[Saved entries]
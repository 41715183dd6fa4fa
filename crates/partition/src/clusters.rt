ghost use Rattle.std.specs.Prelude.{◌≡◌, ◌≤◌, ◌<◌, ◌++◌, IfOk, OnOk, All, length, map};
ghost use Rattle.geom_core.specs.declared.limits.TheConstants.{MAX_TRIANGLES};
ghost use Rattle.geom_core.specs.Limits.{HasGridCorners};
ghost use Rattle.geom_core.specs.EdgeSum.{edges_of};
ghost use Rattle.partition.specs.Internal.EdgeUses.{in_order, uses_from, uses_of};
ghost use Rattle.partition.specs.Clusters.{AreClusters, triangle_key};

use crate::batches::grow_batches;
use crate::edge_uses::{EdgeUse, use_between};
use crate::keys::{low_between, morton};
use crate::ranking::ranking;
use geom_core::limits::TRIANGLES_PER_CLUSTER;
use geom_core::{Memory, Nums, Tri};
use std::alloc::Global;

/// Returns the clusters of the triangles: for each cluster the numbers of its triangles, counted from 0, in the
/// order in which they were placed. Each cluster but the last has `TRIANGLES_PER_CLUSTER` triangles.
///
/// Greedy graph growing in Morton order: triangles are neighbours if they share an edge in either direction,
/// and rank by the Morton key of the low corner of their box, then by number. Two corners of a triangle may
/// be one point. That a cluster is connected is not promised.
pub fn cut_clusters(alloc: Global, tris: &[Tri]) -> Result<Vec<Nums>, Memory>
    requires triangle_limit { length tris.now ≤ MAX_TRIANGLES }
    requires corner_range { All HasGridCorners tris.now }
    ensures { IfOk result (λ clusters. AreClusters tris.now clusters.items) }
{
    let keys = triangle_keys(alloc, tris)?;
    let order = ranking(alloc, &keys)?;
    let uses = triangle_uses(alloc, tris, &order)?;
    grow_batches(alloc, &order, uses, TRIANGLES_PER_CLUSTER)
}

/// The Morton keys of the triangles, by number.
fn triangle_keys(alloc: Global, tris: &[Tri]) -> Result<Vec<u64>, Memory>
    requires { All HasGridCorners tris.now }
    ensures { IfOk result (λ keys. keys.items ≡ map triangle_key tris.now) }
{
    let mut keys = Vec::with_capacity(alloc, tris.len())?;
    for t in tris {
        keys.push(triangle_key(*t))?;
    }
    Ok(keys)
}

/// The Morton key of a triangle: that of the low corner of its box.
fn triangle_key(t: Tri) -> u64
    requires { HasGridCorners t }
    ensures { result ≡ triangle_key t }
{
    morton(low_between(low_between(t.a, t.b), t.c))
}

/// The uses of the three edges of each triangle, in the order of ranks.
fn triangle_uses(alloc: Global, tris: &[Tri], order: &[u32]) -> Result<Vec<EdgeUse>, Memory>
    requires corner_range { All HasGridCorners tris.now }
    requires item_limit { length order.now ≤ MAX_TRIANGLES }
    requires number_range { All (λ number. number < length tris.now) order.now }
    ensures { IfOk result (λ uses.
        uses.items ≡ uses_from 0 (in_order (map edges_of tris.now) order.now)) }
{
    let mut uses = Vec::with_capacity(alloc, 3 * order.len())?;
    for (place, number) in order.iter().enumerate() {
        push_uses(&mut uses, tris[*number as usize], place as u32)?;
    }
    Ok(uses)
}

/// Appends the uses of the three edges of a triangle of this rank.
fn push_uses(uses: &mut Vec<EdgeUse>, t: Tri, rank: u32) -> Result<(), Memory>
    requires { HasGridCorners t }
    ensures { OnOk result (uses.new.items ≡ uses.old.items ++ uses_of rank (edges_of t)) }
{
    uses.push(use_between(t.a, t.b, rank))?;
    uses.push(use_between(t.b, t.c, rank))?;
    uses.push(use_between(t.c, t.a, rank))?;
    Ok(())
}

---

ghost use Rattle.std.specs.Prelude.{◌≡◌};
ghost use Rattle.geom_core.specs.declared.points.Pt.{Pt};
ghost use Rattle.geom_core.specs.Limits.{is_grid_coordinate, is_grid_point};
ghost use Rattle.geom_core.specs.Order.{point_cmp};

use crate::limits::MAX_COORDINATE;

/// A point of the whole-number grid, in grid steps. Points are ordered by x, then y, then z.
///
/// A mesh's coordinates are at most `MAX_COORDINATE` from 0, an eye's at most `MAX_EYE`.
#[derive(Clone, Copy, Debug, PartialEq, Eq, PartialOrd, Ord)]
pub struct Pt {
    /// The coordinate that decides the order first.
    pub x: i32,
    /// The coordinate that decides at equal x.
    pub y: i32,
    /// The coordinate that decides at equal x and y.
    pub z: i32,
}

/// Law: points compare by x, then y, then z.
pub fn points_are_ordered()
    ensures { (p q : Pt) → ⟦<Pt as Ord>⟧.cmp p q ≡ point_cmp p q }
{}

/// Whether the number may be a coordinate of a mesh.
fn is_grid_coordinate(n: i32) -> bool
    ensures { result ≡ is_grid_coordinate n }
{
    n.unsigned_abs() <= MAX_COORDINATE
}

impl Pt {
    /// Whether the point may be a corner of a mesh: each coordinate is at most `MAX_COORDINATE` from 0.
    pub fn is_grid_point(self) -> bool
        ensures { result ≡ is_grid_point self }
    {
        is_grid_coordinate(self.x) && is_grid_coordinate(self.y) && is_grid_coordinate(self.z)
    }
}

* * *

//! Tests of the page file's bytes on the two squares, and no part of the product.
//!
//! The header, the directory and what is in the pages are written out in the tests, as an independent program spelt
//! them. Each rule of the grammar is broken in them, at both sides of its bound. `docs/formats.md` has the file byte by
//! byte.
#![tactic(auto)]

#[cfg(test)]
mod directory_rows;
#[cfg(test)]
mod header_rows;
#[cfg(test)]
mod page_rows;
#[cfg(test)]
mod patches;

How to complete this task. Only the lines that hold the word "IfOk" are wanted; each should be pulled from the records.

Answer for this exercise.
ghost use Rattle.std.specs.Prelude.{◌≡◌, ◌≤◌, ◌<◌, ◌++◌, IfOk, OnOk, All, length, map};
    ensures { IfOk result (λ clusters. AreClusters tris.now clusters.items) }
    ensures { IfOk result (λ keys. keys.items ≡ map triangle_key tris.now) }
    ensures { IfOk result (λ uses.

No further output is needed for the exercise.